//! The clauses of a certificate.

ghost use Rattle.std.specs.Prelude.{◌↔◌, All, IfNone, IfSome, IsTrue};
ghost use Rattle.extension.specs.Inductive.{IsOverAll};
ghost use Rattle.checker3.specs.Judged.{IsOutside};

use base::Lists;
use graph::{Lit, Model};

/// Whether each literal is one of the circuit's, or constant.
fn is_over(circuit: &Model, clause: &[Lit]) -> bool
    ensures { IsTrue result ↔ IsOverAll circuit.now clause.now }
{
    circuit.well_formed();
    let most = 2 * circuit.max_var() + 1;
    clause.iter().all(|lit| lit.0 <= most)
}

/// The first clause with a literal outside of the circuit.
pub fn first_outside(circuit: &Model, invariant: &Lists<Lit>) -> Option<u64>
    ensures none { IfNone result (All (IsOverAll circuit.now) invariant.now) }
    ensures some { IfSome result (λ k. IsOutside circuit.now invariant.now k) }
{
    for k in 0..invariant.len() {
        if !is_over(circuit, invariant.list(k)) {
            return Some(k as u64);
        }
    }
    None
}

§ What you need to do
Exact copies are needed of the line with "for k in 0..invariant.len()" and each line after it through the end of the material above.

§ Finished task
    for k in 0..invariant.len() {
        if !is_over(circuit, invariant.list(k)) {
            return Some(k as u64);
        }
    }
    None
}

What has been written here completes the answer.